- Work task -
Below are the entries. Transcribe exactly the lines from the one with "λ r. AreOpen" through the one with "such values added.", ends included, and leave out all others.

Stored items:
---*---

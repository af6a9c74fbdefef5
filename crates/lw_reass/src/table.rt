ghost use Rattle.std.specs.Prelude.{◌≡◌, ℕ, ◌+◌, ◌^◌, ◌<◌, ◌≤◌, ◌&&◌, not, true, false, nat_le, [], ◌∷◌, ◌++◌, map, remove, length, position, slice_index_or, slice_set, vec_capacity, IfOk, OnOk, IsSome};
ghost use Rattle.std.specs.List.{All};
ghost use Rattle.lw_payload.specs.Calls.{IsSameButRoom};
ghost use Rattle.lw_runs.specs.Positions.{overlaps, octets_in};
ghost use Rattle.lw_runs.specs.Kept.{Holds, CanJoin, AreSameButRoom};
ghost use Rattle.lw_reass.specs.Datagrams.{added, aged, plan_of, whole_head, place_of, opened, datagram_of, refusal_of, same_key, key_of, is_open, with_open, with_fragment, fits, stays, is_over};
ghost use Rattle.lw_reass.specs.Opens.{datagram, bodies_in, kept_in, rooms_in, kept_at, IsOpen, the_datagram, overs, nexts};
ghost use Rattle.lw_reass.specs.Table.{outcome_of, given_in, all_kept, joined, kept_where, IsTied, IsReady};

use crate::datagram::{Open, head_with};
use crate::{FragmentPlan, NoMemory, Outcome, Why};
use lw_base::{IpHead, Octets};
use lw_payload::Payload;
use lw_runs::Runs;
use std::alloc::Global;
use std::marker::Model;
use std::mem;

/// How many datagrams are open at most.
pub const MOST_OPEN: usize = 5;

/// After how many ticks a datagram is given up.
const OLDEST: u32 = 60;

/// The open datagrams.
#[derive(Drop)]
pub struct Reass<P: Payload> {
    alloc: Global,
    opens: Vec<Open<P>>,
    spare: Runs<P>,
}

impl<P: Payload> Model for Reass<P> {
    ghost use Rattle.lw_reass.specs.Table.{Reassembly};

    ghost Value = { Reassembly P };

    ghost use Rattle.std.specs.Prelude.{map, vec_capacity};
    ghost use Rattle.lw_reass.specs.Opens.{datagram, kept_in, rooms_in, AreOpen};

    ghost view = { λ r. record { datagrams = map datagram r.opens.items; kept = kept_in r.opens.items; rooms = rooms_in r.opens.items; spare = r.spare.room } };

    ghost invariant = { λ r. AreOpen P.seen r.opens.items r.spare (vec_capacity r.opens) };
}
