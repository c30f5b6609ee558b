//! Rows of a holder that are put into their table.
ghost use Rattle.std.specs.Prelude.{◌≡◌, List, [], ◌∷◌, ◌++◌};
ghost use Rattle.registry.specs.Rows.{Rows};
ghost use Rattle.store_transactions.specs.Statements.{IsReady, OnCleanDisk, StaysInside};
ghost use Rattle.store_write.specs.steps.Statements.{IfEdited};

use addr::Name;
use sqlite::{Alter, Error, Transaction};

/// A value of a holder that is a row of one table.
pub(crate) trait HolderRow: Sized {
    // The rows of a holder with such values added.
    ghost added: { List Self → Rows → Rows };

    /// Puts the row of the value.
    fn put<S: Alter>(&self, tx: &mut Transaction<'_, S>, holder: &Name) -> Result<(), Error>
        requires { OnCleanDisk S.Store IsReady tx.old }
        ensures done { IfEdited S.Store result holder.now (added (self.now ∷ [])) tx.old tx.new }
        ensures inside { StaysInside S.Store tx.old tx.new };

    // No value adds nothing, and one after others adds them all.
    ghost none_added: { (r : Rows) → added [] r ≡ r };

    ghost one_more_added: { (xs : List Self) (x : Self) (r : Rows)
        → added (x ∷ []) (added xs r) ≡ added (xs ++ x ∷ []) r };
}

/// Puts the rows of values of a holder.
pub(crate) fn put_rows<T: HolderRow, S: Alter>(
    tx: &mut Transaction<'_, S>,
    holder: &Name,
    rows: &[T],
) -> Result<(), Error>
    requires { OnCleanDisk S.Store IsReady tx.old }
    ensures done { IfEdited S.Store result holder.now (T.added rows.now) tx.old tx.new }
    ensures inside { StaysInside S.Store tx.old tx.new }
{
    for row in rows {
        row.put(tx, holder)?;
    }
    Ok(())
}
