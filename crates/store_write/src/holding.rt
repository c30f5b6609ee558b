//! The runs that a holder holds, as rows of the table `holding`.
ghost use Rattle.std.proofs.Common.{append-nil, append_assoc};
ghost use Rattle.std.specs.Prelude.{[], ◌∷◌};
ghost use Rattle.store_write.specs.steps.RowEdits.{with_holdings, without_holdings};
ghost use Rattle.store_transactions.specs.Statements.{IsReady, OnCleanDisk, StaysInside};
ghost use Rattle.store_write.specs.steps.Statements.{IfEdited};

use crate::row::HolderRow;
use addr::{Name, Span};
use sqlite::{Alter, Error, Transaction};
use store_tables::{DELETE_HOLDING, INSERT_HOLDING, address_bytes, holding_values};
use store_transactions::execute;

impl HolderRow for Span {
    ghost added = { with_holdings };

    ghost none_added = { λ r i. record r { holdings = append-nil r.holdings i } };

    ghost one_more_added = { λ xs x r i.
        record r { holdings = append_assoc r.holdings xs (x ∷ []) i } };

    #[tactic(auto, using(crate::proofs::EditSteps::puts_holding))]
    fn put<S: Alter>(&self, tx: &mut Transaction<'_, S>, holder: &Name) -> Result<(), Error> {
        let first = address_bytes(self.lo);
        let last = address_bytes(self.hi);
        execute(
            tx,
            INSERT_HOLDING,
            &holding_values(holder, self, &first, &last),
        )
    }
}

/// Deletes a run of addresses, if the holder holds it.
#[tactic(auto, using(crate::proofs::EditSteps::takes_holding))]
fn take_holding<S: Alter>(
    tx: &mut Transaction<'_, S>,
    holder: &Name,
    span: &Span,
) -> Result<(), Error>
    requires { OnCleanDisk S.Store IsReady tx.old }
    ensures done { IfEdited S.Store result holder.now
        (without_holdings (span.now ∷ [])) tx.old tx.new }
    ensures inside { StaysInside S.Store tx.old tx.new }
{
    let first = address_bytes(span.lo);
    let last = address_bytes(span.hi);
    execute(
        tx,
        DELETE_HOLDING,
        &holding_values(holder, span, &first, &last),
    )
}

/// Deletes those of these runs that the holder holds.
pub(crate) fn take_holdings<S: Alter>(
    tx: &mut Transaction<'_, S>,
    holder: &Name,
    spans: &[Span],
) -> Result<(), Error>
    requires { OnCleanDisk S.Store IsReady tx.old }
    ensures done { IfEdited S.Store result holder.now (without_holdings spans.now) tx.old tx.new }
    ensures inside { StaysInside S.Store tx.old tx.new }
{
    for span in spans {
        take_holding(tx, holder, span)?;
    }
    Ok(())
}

---*---

- Problem solution -
    ghost invariant = { λ r. AreOpen P.seen r.opens.items r.spare (vec_capacity r.opens) };
}
repository c30f5b6609ee558b
//! Rows of a holder that are put into their table.
ghost use Rattle.std.specs.Prelude.{◌≡◌, List, [], ◌∷◌, ◌++◌};
ghost use Rattle.registry.specs.Rows.{Rows};
ghost use Rattle.store_transactions.specs.Statements.{IsReady, OnCleanDisk, StaysInside};
ghost use Rattle.store_write.specs.steps.Statements.{IfEdited};

use addr::Name;
use sqlite::{Alter, Error, Transaction};

/// A value of a holder that is a row of one table.
pub(crate) trait HolderRow: Sized {
    // The rows of a holder with such values added.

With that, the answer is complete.